REQUIRED WORK: Every line of the material that mentions the word "MemSource" should be copied out.

EXTRACTED RECORDS:

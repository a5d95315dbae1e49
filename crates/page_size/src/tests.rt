use super::*;
use crate::scores::zeros;
use page_access::{MemSource, SureSource};
use std::alloc::Global;
use std::process::Abort;
use std::test::Fail;

// Writes the piece over the bytes at a place.
fn place(rt: &impl Abort, bytes: &mut Vec<u8>, at: usize, piece: &[u8]) {
    assert!(rt; at <= bytes.len());
    assert!(rt; piece.len() <= bytes.len() - at);
    bytes[at..at + piece.len()].copy_from_slice(piece);
}

// The page size, the usable bytes, the number of pages and the origin.
fn parts(found: Result<Found, GeoFault>) -> Result<(u32, u32, u32, Origin), GeoFault> {
    let found = found?;
    let geometry = found.geometry;
    Ok((
        geometry.page_size,
        geometry.usable,
        geometry.pages,
        found.origin,
    ))
}

// So many bytes with a header of this page size and these reserved bytes.
fn with_header(
    rt: &impl Abort,
    alloc: Global,
    len: usize,
    size: &[u8],
    reserved: u8,
) -> Result<SureSource, Fail> {
    let mut bytes = zeros(alloc, len)?;
    place(rt, &mut bytes, 16, size);
    place(rt, &mut bytes, 20, &[reserved]);
    Ok(SureSource::new(bytes))
}

#[test]
fn zeros_name_no_page_size(rt: HostRuntime) -> Result<(), Fail> {
    let alloc = rt.alloc();
    let mut src = SureSource::new(zeros(alloc, 4096)?);
    let found = parts(find_geometry(alloc, &mut src, 4096, None, None));
    assert_eq!(rt; found, Err(GeoFault::NoPageSize));
    Ok(())
}

// Each page of 1,024 bytes has one cell, at 1000: a payload of two bytes and rowid 1. Its first
// half alone names a cell outside of it, and its second half begins with no type of a page.
#[test]
fn eight_pages_win_over_four_pages_twice_as_long(rt: HostRuntime) -> Result<(), Fail> {
    let alloc = rt.alloc();
    let mut bytes = zeros(alloc, 8192)?;
    for page in 0..8 {
        let head = if page == 0 { 100 } else { page * 1024 };
        place(
            &rt,
            &mut bytes,
            head,
            &[13, 0, 0, 0, 1, 3, 0xe8, 0, 3, 0xe8],
        );
        place(&rt, &mut bytes, page * 1024 + 1000, &[2, 1, 2, 9]);
    }
    let mut src = MemSource::new(bytes, Vec::new(alloc));
    let found = parts(find_geometry(alloc, &mut src, 8192, None, None));
    assert_eq!(rt; found, Ok((1024, 1024, 8, Origin::Pages)));
    assert!(rt; src.reads() <= 1 + 8192 / 256);
    Ok(())
}

// A leaf with one cell at 4000 of its 4,096 or 8,192 bytes, and an empty leaf at 4096.
#[test]
fn a_tie_goes_to_the_smaller_size(rt: HostRuntime) -> Result<(), Fail> {
    let alloc = rt.alloc();
    let mut bytes = zeros(alloc, 8192)?;
    place(
        &rt,
        &mut bytes,
        100,
        &[13, 0, 0, 0, 1, 15, 0xa0, 0, 15, 0xa0],
    );
    place(&rt, &mut bytes, 4000, &[2, 1, 2, 9]);
    place(&rt, &mut bytes, 4096, &[13, 0, 0, 0, 0, 16, 0, 0]);
    let mut src = SureSource::new(bytes);
    let found = parts(find_geometry(alloc, &mut src, 8192, None, None));
    assert_eq!(rt; found, Ok((4096, 4096, 2, Origin::Pages)));
    Ok(())
}

#[test]
fn a_header_names_the_largest_size_by_one(rt: HostRuntime) -> Result<(), Fail> {
    let alloc = rt.alloc();
    let mut src = with_header(&rt, alloc, 65600, &[0, 1], 0)?;
    let found = parts(find_geometry(alloc, &mut src, 65600, None, None));
    assert_eq!(rt; found, Ok((65536, 65536, 1, Origin::Header)));
    Ok(())
}

#[test]
fn a_header_leaves_480_usable_bytes(rt: HostRuntime) -> Result<(), Fail> {
    let alloc = rt.alloc();
    let mut src = with_header(&rt, alloc, 1024, &[2, 0], 32)?;
    let found = parts(find_geometry(alloc, &mut src, 1024, None, None));
    assert_eq!(rt; found, Ok((512, 480, 2, Origin::Header)));
    let mut src = with_header(&rt, alloc, 1024, &[2, 0], 33)?;
    let found = parts(find_geometry(alloc, &mut src, 1024, None, None));
    assert_eq!(rt; found, Err(GeoFault::NoPageSize));
    let found = parts(find_geometry(alloc, &mut src, 1024, None, Some(4)));
    assert_eq!(rt; found, Ok((512, 508, 2, Origin::Header)));
    Ok(())
}

#[test]
fn a_chosen_size_takes_the_reserved_bytes_of_a_header_that_names_it(
    rt: HostRuntime,
) -> Result<(), Fail> {
    let alloc = rt.alloc();
    let mut src = with_header(&rt, alloc, 2048, &[4, 0], 8)?;
    let found = parts(find_geometry(alloc, &mut src, 2048, Some(1024), None));
    assert_eq!(rt; found, Ok((1024, 1016, 2, Origin::Chosen)));
    let found = parts(find_geometry(alloc, &mut src, 2048, Some(2048), None));
    assert_eq!(rt; found, Ok((2048, 2048, 1, Origin::Chosen)));
    let found = parts(find_geometry(alloc, &mut src, 2048, Some(512), Some(16)));
    assert_eq!(rt; found, Ok((512, 496, 4, Origin::Chosen)));
    Ok(())
}

#[test]
fn a_file_shorter_than_a_page_has_no_whole_page(rt: HostRuntime) -> Result<(), Fail> {
    let alloc = rt.alloc();
    let mut src = with_header(&rt, alloc, 600, &[16, 0], 0)?;
    let found = parts(find_geometry(alloc, &mut src, 600, None, None));
    let fault = GeoFault::NoWholePage {
        len: 600,
        size: 4096,
    };
    assert_eq!(rt; found, Err(fault));
    let mut src = with_header(&rt, alloc, 4096, &[16, 0], 0)?;
    let found = parts(find_geometry(alloc, &mut src, 4096, None, None));
    assert_eq!(rt; found, Ok((4096, 4096, 1, Origin::Header)));
    Ok(())
}

#[test]
fn a_header_alone_has_no_page(rt: HostRuntime) -> Result<(), Fail> {
    let alloc = rt.alloc();
    let mut src = SureSource::new(zeros(alloc, 100)?);
    let found = parts(find_geometry(alloc, &mut src, 100, None, None));
    assert_eq!(rt; found, Err(GeoFault::NoPageSize));
    let mut src = with_header(&rt, alloc, 100, &[2, 0], 0)?;
    let found = parts(find_geometry(alloc, &mut src, 100, None, None));
    let fault = GeoFault::NoWholePage {
        len: 100,
        size: 512,
    };
    assert_eq!(rt; found, Err(fault));
    Ok(())
}

#[test]
fn missing_bytes_of_a_header_are_zeros(rt: HostRuntime) -> Result<(), Fail> {
    let mut bytes = zeros(rt.alloc(), 63)?;
    place(&rt, &mut bytes, 16, &[2, 1]);
    place(&rt, &mut bytes, 20, &[7]);
    place(&rt, &mut bytes, 32, &[0, 0, 0, 9]);
    place(&rt, &mut bytes, 52, &[0, 0, 1, 0]);
    place(&rt, &mut bytes, 59, &[1, 0, 0, 3]);
    let header = Header {
        size: 0,
        reserved: 7,
        encoding: 1,
        first_trunk: 9,
        user_version: 0x300,
        application_id: 0,
        largest_root: 256,
    };
    assert_eq!(rt; read_header(&bytes), header);
    Ok(())
}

EXERCISE SOLUTION:
use page_access::{MemSource, SureSource};
    let mut src = MemSource::new(bytes, Vec::new(alloc));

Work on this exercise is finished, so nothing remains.